# Вопросы-ответы > Вопросы к Е.М. Враджендра Кумару прабху >  Ненормативная лексика  и ведическое общество

## SergeiV

Харе Кришна! Примите пожалуйста мои поклоны.
Известно, что слова имеет великую силу, т. к. это вибрация. С этической точки зрения нецензурная лексика - это просто отсутствие культуры.
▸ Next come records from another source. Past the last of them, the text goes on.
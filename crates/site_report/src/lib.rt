//! The texts of `run`, `load`, `check` and `list`.
#![tactic(auto)]

mod counts;
mod entries;
mod list;
mod names;
mod sites;
#[cfg(test)]
mod tests;
mod texts;

pub use list::list_text;
pub use texts::{check_text, load_text, run_text};
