// Names of classes, members, selectors and sites.
ghost use Rattle.std.specs.Prelude.{◌≡◌, ◌++◌, OnOk};
ghost use Rattle.program.specs.Program.{parts_of};
ghost use Rattle.site_report.specs.Report.{class_name, setter_mark, member_name, target_text, kind_text, selector_text, place_text, site_name};

use byte_texts::{push, push_number};
use ds_base::NoMemory;
use program::{ClassId, MethodId, Numbered, SelectorId, SelectorKind, Site, SitePlace, Target};

/// The name of a class.
#[tactic(auto, unfolding(crate::specs::Report::class_name))]
pub fn class_name(program: &Numbered, c: ClassId) -> &[u8]
    ensures { result.now ≡ class_name (parts_of program.now) c.0 }
{
    match program.classes.get(c.0 as usize) {
        Some(class) => class.name.as_slice(),
        None => &[],
    }
}

fn setter_mark(role: SelectorKind) -> &'static str
    ensures { result.now ≡ setter_mark role }
{
    match role {
        SelectorKind::Call | SelectorKind::Get => "",
        SelectorKind::Set => "=",
    }
}

#[tactic(auto, unfolding(crate::specs::Report::member_name))]
fn push_member(out: &mut Vec<u8>, program: &Numbered, m: MethodId) -> Result<(), NoMemory>
    ensures { OnOk result (out.new.items ≡ out.old.items ++ member_name (parts_of program.now) m.0) }
{
    let Some(method) = program.methods.get(m.0 as usize) else {
        return Ok(());
    };
    push(out, class_name(program, method.owner))?;
    push(out, b".")?;
    push(out, method.name.as_slice())?;
    push(out, setter_mark(method.role).as_bytes())
}

/// Where a call goes.
pub fn push_target(out: &mut Vec<u8>, program: &Numbered, t: Target) -> Result<(), NoMemory>
    ensures { OnOk result (out.new.items ≡ out.old.items ++ target_text (parts_of program.now) t) }
{
    match t {
        Target::Method(m) => push_member(out, program, m),
        Target::Nsm(m) => {
            push(out, b"nsm ")?;
            push_member(out, program, m)
        }
    }
}

fn push_kind(out: &mut Vec<u8>, kind: SelectorKind, name: &[u8], count: u32) -> Result<(), NoMemory>
    ensures { OnOk result (out.new.items ≡ out.old.items ++ kind_text kind name.now count) }
{
    match kind {
        SelectorKind::Call => {
            push(out, name)?;
            push(out, b"/")?;
            push_number(out, count)
        }
        SelectorKind::Get => {
            push(out, b"get ")?;
            push(out, name)
        }
        SelectorKind::Set => {
            push(out, b"set ")?;
            push(out, name)
        }
    }
}

#[tactic(auto, unfolding(crate::specs::Report::selector_text))]
fn push_selector(out: &mut Vec<u8>, program: &Numbered, s: SelectorId) -> Result<(), NoMemory>
    ensures { OnOk result (out.new.items ≡ out.old.items ++ selector_text (parts_of program.now) s.0) }
{
    match program.selectors.get(s.0 as usize) {
        Some(selector) => push_kind(out, selector.kind, selector.name.as_slice(), selector.count),
        None => Ok(()),
    }
}

fn push_place(out: &mut Vec<u8>, place: SitePlace) -> Result<(), NoMemory>
    ensures { OnOk result (out.new.items ≡ out.old.items ++ place_text place) }
{
    match place {
        SitePlace::At { line, column } => {
            push_number(out, line)?;
            push(out, b":")?;
            push_number(out, column)
        }
        SitePlace::Print => push(out, b"print"),
        SitePlace::List => push(out, b"list"),
    }
}

/// A site by its number, its selector and its place.
#[tactic(auto, unfolding(crate::specs::Report::site_name))]
pub fn push_site_name(
    out: &mut Vec<u8>,
    program: &Numbered,
    number: usize,
    site: Site,
) -> Result<(), NoMemory>
    ensures { OnOk result (out.new.items ≡ out.old.items ++ site_name (parts_of program.now) number site) }
{
    push_number(out, number)?;
    push(out, b" ")?;
    push_selector(out, program, site.selector)?;
    push(out, b" ")?;
    push_place(out, site.place)
}
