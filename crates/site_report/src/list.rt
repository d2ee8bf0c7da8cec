// The text of `list`.
ghost use Rattle.std.specs.Prelude.{◌≡◌, ◌<◌, ◌++◌, length, IfOk, OnOk, slice_get, Some};
ghost use Rattle.std.specs.List.{flat_map, enumerate_from};
ghost use Rattle.program.specs.Program.{parts_of};
ghost use Rattle.program.specs.Parts.{parents};
ghost use Rattle.site_report.specs.Report.{last_below, parent_text, abstract_mark, class_line, listed_site, list_text_of};

use crate::names::push_site_name;
use byte_texts::{push, push_number};
use ds_base::NoMemory;
use method_lookup::Linked;
use program::{Class, ClassId, Numbered, Site};
use std::alloc::Global;

/// The greatest number among a class and the classes below it.
fn last_below(linked: &Linked, c: usize) -> u16
    requires { c < length linked.now.program.classes }
    ensures { result ≡ last_below (parents linked.now.program.classes) c }
{
    linked.classes().last_of(ClassId(c as u16)).0
}

fn push_parent(out: &mut Vec<u8>, parent: Option<ClassId>) -> Result<(), NoMemory>
    ensures { OnOk result (out.new.items ≡ out.old.items ++ parent_text parent) }
{
    match parent {
        Some(c) => push_number(out, c.0),
        None => push(out, b"-"),
    }
}

fn abstract_mark(is_abstract: bool) -> &'static str
    ensures { result.now ≡ abstract_mark is_abstract }
{
    if is_abstract { " abstract" } else { "" }
}

#[tactic(auto, unfolding(crate::specs::Report::class_line))]
fn push_class(
    out: &mut Vec<u8>,
    linked: &Linked,
    number: usize,
    class: &Class,
) -> Result<(), NoMemory>
    requires { number < length linked.now.program.classes }
    ensures { OnOk result (out.new.items ≡ out.old.items ++ class_line (parts_of linked.now.program) (number, class.now)) }
{
    push(out, b"class ")?;
    push_number(out, number)?;
    push(out, b" ")?;
    push(out, class.name.as_slice())?;
    push(out, b" parent ")?;
    push_parent(out, class.parent)?;
    push(out, b" last ")?;
    push_number(out, last_below(linked, number))?;
    push(out, abstract_mark(class.is_abstract).as_bytes())?;
    push(out, b"\n")
}

fn push_classes(out: &mut Vec<u8>, linked: &Linked) -> Result<(), NoMemory>
    ensures { OnOk result (out.new.items ≡ out.old.items ++ flat_map (class_line (parts_of linked.now.program)) (enumerate_from 0 linked.now.program.classes)) }
{
    let classes = linked.program().classes.as_slice();
    for number in 0..classes.len() {
        push_class(out, linked, number, &classes[number])?;
    }
    Ok(())
}

#[tactic(auto, unfolding(crate::specs::Report::listed_site))]
fn push_listed(
    out: &mut Vec<u8>,
    program: &Numbered,
    number: usize,
    site: Site,
) -> Result<(), NoMemory>
    ensures { OnOk result (out.new.items ≡ out.old.items ++ listed_site (parts_of program.now) (number, site)) }
{
    push(out, b"site ")?;
    push_site_name(out, program, number, site)?;
    push(out, b"\n")
}

fn push_listed_sites(out: &mut Vec<u8>, program: &Numbered) -> Result<(), NoMemory>
    ensures { OnOk result (out.new.items ≡ out.old.items ++ flat_map (listed_site (parts_of program.now)) (enumerate_from 0 program.now.sites)) }
{
    let sites = program.sites.as_slice();
    for number in 0..sites.len() {
        push_listed(out, program, number, sites[number])?;
    }
    Ok(())
}

/// The text of `list`: the classes by their ids, and then the sites.
#[tactic(auto, unfolding(crate::specs::Report::list_text_of))]
pub fn list_text(alloc: Global, linked: &Linked) -> Result<Vec<u8>, NoMemory>
    ensures { IfOk result (λ text. text.items ≡ list_text_of (parts_of linked.now.program)) }
{
    let mut out = Vec::new(alloc);
    push_classes(&mut out, linked)?;
    push_listed_sites(&mut out, linked.program())?;
    Ok(out)
}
И в зависимости от того, что человек вкладывает в то или иное слово, смысл может сильно меняться, при этом слово или устойчивое выражение будет одним и тем же.
Является ли, та самая, нецензурная лексика, которой не должно быть в приличном обществе, чем – то действительно абсолютно недопустимым, ведь в одно и тоже нецензурное слово один человек может вкладывать, на самом деле, ругательство, а другой использует его не для оскорбления, кого либо, а для выражения своего «полета мысли».
С чем связано возникновение ненормативной лексики?
 Существовало ли в ведическом обществе такое понятие, как неприемлемые или нецензурные слова?

Заранее благодарю.

----------


## Враджендра Кумар дас

Нецензурная речь - это речь в гуне невежеста. Культурная речь никого не беспокоит и является благозвучной. Почитайте об этом в БГ 17.15: "Аскеза речи состоит в том, чтобы говорить слова правдивые, приятные, направленные на благо других и не вызывающие беспокойств, а также регулярно изучать ведические писания".

----------